--- INPUT FOR THIS TASK ---
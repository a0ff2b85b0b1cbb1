//! New folders of tables, written under temporary names.
ghost use Rattle.std.specs.Prelude.{◌≡◌, ◌∷◌, ◌++◌, ◌↔◌, [], IfErr, IfOk, IfSome, IsTrue, List};
ghost use Rattle.std.specs.Prelude.{None, OnErr, OnOk, false, map, string_bytes};
ghost use Rattle.sst_tool.specs.files.Words as spec;

use crate::files::left::remove_folders;
use crate::files::write::{NAMES, path_of};
use crate::files::{FileError, FileFault, FileName, Place, check_free};
use lsm_writers::FinishedTable;
use std::alloc::Allocator;
use std::io;
use std::io::ErrorKind;

/// Writes tables into a new folder, as the files `000001.sst`, `000002.sst` and so on.
///
/// The folder is made under a temporary name next to its own. Each file is written there and
/// synced, and then the folder is. Then the folder is renamed once, and its parent folder is
/// synced.
///
/// Last, it removes the folders that interrupted runs have left under temporary names before its
/// own, with the numbered files in them. A folder that has anything else stays, without these
/// files. An error of this is ignored.
///
/// # Errors
///
/// Fails with an error of the system, with [`FileFault::Taken`] if the folder's name is taken, with
/// [`FileFault::NamesTaken`] if a thousand temporary names are, and with `OutOfMemory`. All that
/// was written is then removed, as far as the system does it, and no file is under the folder's
/// name. If another run has removed a file from the temporary folder, the error is `NotFound`, or
/// `Taken` if that run has made the folder.
///
/// After [`FileFault::NotSynced`] alone the folder is complete under its name, but its parent
/// folder is not synced.
pub fn place_folder<'a, P: Place, A: Allocator + Copy>(
    place: &mut P,
    alloc: A,
    folder: &'a str,
    tables: &[FinishedTable<A>],
) -> Result<(), FileError<'a>>
    // On success all was written and synced under the temporary name, renamed once, and synced. The
    // folder has exactly the files of the tables, with their bytes. Then only numbered files in
    // folders with temporary names of this one were removed, and these folders.
    ensures placed { OnOk result (spec.IsFolderInPlace folder.now (spec.table_bytes tables.now)
        (P.done place.old) (P.done place.new)) }
    // The folder's name was free before.
    ensures free { OnOk result (IfSome (P.there place.old folder.now) (λ b. b ≡ false)) }
    // After an error exactly this was done. Either no file is under the folder's name, or all are.
    ensures refused { IfErr result (λ e. spec.IsFolderNotPlaced folder.now
        (spec.table_bytes tables.now) (P.done place.old) e (P.done place.new)) }
    // A name that is reported as taken was taken before.
    ensures taken { IfErr result (spec.TellsNameTaken (P.there place.old) folder.now) }
    ensures beside { IfErr result (λ e.
        spec.TellsStemTaken (P.there place.old) folder.now e.fault) }
{
    match make_beside(place, alloc, folder) {
        Ok(beside) => fill_all(place, alloc, folder, beside.as_str(), tables),
        Err(fault) => Err(FileError {
            name: FileName::Plain(folder),
            fault,
        }),
    }
}

// Makes a folder under the first free temporary name.
fn make_beside<P: Place, A: Allocator + Copy>(
    place: &mut P,
    alloc: A,
    folder: &str,
) -> Result<String<A>, FileFault>
    ensures beside { IfOk result (λ b. spec.IsBesideFolder folder.now (string_bytes b)) }
    ensures made { IfOk result (λ b. P.done place.new
        ≡ spec.then_done (P.done place.old) (spec.MadeFolder (string_bytes b) ∷ [])) }
    ensures fault { IfErr result spec.IsMakingFault }
    ensures nothing { OnErr result (P.done place.new ≡ P.done place.old) }
    ensures elsewhere { IfOk result (λ b.
        spec.SameElsewhere (string_bytes b) (P.there place.old) (P.there place.new)) }
    ensures taken { IfErr result (spec.TellsStemTaken (P.there place.old) folder.now) }
{
    let stem = without_slashes(folder);
    for number in 1..=NAMES {
        let beside = format!(in alloc; "{stem}.{number}.tmp")?;
        match place.make_folder(beside.as_str()) {
            Ok(()) => return Ok(beside),
            Err(error) if is_taken(&error) => {}
            Err(error) => return Err(FileFault::Io(error)),
        }
    }
    Err(FileFault::NamesTaken)
}

// Whether the error says that a path is taken.
fn is_taken(error: &io::Error) -> bool
    ensures { IsTrue result ↔ (spec.error_kind error.now ≡ ErrorKind.AlreadyExists) }
{
    error.kind() == ErrorKind::AlreadyExists
}

// Returns the path without the slashes at its end.
fn without_slashes(path: &str) -> &str
    ensures { spec.IsStemOf result.now path.now }
{
    path.trim_end_matches('/')
}

// Writes tables into the temporary folder and renames it, and then removes what earlier calls left
// beside it.
fn fill_all<'a, P: Place, A: Allocator + Copy>(
    place: &mut P,
    alloc: A,
    folder: &'a str,
    beside: &str,
    tables: &[FinishedTable<A>],
) -> Result<(), FileError<'a>>
    requires { spec.IsBesideFolder folder.now beside.now }
    ensures filled { OnOk result (spec.ThenClears folder.now (P.done place.old)
        (spec.filling_all beside.now folder.now (spec.table_bytes tables.now)
        ++ spec.Synced folder.now ∷ []) (P.done place.new)) }
    ensures refused { IfErr result (λ e. spec.IsNotFilled folder.now beside.now
        (spec.table_bytes tables.now) (P.done place.old) e (P.done place.new)) }
    ensures free { OnOk result (IfSome (P.there place.old folder.now) (λ b. b ≡ false)) }
    ensures taken { IfErr result (spec.TellsNameTaken (P.there place.old) folder.now) }
{
    fill_beside(place, alloc, folder, beside, tables)?;
    remove_left(place, alloc, folder, beside);
    Ok(())
}

// Removes what earlier calls left under temporary names of the folder.
fn remove_left<P: Place, A: Allocator + Copy>(place: &mut P, alloc: A, folder: &str, own: &str)
    ensures { spec.OnlyDoes (spec.Clears (spec.IsBesideFolder folder.now))
        (P.done place.old) (P.done place.new) }
{
    let stem = without_slashes(folder);
    remove_folders(place, alloc, stem, own);
}

// Writes tables into the temporary folder and renames it. After an error the folder is removed with
// all its files.
fn fill_beside<'a, P: Place, A: Allocator + Copy>(
    place: &mut P,
    alloc: A,
    folder: &'a str,
    beside: &str,
    tables: &[FinishedTable<A>],
) -> Result<(), FileError<'a>>
    requires { spec.IsBesideFolder folder.now beside.now }
    ensures filled { OnOk result (P.done place.new ≡ spec.then_done (P.done place.old)
        (spec.filling_all beside.now folder.now (spec.table_bytes tables.now)
        ++ spec.Synced folder.now ∷ [])) }
    ensures refused { IfErr result (λ e. spec.IsNotFilled folder.now beside.now
        (spec.table_bytes tables.now) (P.done place.old) e (P.done place.new)) }
    ensures free { OnOk result (IfSome (P.there place.old folder.now) (λ b. b ≡ false)) }
    ensures taken { IfErr result (spec.TellsNameTaken (P.there place.old) folder.now) }
{
    let mut written = Vec::new(alloc);
    match fill_and_name(place, alloc, folder, beside, tables, &mut written) {
        Ok(()) => sync_parent(place, folder),
        Err(error) => {
            remove_each(place, &written);
            place.remove_folder(beside);
            Err(error)
        }
    }
}

// Writes tables into the temporary folder and renames it. After an error `written` has the paths of
// the files written.
fn fill_and_name<'a, P: Place, A: Allocator + Copy>(
    place: &mut P,
    alloc: A,
    folder: &'a str,
    beside: &str,
    tables: &[FinishedTable<A>],
    written: &mut Vec<String<A>, A>,
) -> Result<(), FileError<'a>>
    requires empty { written.old.items ≡ [] }
    requires beside { spec.IsBesideFolder folder.now beside.now }
    ensures named { OnOk result (P.done place.new ≡ spec.then_done (P.done place.old)
        (spec.filling_all beside.now folder.now (spec.table_bytes tables.now))) }
    ensures refused { IfErr result (λ e. spec.StopsWithin folder.now beside.now
        (spec.table_bytes tables.now) (map string_bytes written.new.items)
        (P.done place.old) e (P.done place.new)) }
    ensures free { OnOk result (IfSome (P.there place.old folder.now) (λ b. b ≡ false)) }
    ensures taken { IfErr result (spec.TellsNameTaken (P.there place.old) folder.now) }
{
    write_within(place, alloc, folder, beside, tables, written)?;
    match give_name(place, beside, folder, written) {
        Ok(()) => Ok(()),
        Err(fault) => Err(FileError {
            name: FileName::Plain(folder),
            fault,
        }),
    }
}

// Writes tables into the temporary folder. `written` gets the paths of the files written, also
// after an error.
fn write_within<'a, P: Place, A: Allocator + Copy>(
    place: &mut P,
    alloc: A,
    folder: &'a str,
    beside: &str,
    tables: &[FinishedTable<A>],
    written: &mut Vec<String<A>, A>,
) -> Result<(), FileError<'a>>
    requires { written.old.items ≡ [] }
    ensures all { OnOk result
        (spec.LiesWithin (spec.numbered_within beside.now (spec.table_bytes tables.now))
        (map string_bytes written.new.items) (P.done place.old) (P.done place.new)) }
    ensures refused { IfErr result (λ e. spec.StopsWithin folder.now beside.now
        (spec.table_bytes tables.now) (map string_bytes written.new.items)
        (P.done place.old) e (P.done place.new)) }
    ensures elsewhere { OnOk result
        (spec.SameButBehind beside.now (P.there place.old) (P.there place.new)) }
    ensures taken { IfErr result (spec.TellsNameTaken (P.there place.old) folder.now) }
{
    for (at, table) in tables.iter().enumerate() {
        let number = (at as u64).saturating_add(1);
        let bytes = table.bytes.as_slice();
        if let Err(fault) = add_within(place, alloc, beside, number, bytes, written) {
            return Err(FileError {
                name: FileName::Within(folder, number),
                fault,
            });
        }
    }
    Ok(())
}

// Writes a new file in a folder and adds its path. After an error no file is left.
fn add_within<P: Place, A: Allocator + Copy>(
    place: &mut P,
    alloc: A,
    folder: &str,
    number: u64,
    bytes: &[u8],
    written: &mut Vec<String<A>, A>,
) -> Result<(), FileFault>
    ensures added { OnOk result (map string_bytes written.new.items
        ≡ map string_bytes written.old.items ++ spec.path_within folder.now number ∷ []) }
    ensures done { OnOk result (P.done place.new ≡ spec.then_done (P.done place.old)
        (spec.Wrote (spec.path_within folder.now number) bytes.now None ∷ [])) }
    ensures fault { IfErr result spec.IsWritingFault }
    ensures taken { IfErr result (λ fault.
        spec.TellsTaken fault (P.there place.old (spec.path_within folder.now number))) }
    ensures kept { OnErr result (written.new.items ≡ written.old.items) }
    ensures nothing { OnErr result (P.done place.new ≡ P.done place.old) }
    ensures elsewhere { OnOk result
        (spec.SameButBehind folder.now (P.there place.old) (P.there place.new)) }
{
    // Reserve first, so that a written file is always listed.
    written.reserve(1)?;
    let path = path_of(alloc, &FileName::Within(folder, number))?;
    if !place.write_new(path.as_str(), bytes, None)? {
        return Err(FileFault::Taken);
    }
    written.push(path).unwrap();
    Ok(())
}

// Syncs the complete temporary folder and renames it, if the name is still free and no other run
// has removed a file.
fn give_name<P: Place, A: Allocator>(
    place: &mut P,
    beside: &str,
    folder: &str,
    written: &[String<A>],
) -> Result<(), FileFault>
    ensures named { OnOk result (P.done place.new
        ≡ spec.then_done (P.done place.old) (spec.naming_folder beside.now folder.now)) }
    ensures free { OnOk result (IfSome (P.there place.old folder.now) (λ b. b ≡ false)) }
    ensures fault { IfErr result spec.IsNamingFault }
    ensures taken { IfErr result (λ fault. spec.TellsTaken fault (P.there place.old folder.now)) }
    ensures refused { OnErr result ((steps : List spec.Step) × spec.MaySyncNames beside.now steps
        × (P.done place.new ≡ spec.then_done (P.done place.old) steps)) }
{
    place.sync_names(beside)?;
    check_free(place, folder, FileFault::Taken)?;
    check_each(place, written)?;
    place.rename_folder(beside, folder)?;
    Ok(())
}

// Tests that all paths are taken.
fn check_each<P: Place, A: Allocator>(place: &P, paths: &[String<A>]) -> io::Result<()> {
    for path in paths {
        if place.look(path.as_str())?.is_none() {
            return Err(io::Error::from(ErrorKind::NotFound));
        }
    }
    Ok(())
}

// Removes files.
fn remove_each<P: Place, A: Allocator>(place: &mut P, paths: &[String<A>])
    ensures { P.done place.new ≡ spec.then_done (P.done place.old)
        (map (λ path. spec.Removed (string_bytes path)) paths.now) }
{
    for path in paths {
        place.remove(path.as_str());
    }
}

// Syncs the parent of a new folder, which makes its name durable.
fn sync_parent<'a, P: Place>(place: &mut P, folder: &'a str) -> Result<(), FileError<'a>>
    ensures synced { OnOk result
        (P.done place.new ≡ spec.then_done (P.done place.old) (spec.Synced folder.now ∷ [])) }
    ensures nothing { OnErr result (P.done place.new ≡ P.done place.old) }
    ensures returned { IfErr result (λ e.
        (spec.path_text e.name ≡ folder.now) × spec.IsNotSynced e.fault) }
{
    match place.sync_folder(folder) {
        Ok(()) => Ok(()),
        Err(error) => Err(FileError {
            name: FileName::Plain(folder),
            fault: FileFault::NotSynced(error),
        }),
    }
}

--- TASK DIRECTIONS ---
Among the lines of the data above, find those with the word "Prelude" and show them.

--- ANSWER FOR THE TASK ---
ghost use Rattle.std.specs.Prelude.{◌≡◌, ◌∷◌, ◌++◌, ◌↔◌, [], IfErr, IfOk, IfSome, IsTrue, List};
ghost use Rattle.std.specs.Prelude.{None, OnErr, OnOk, false, map, string_bytes};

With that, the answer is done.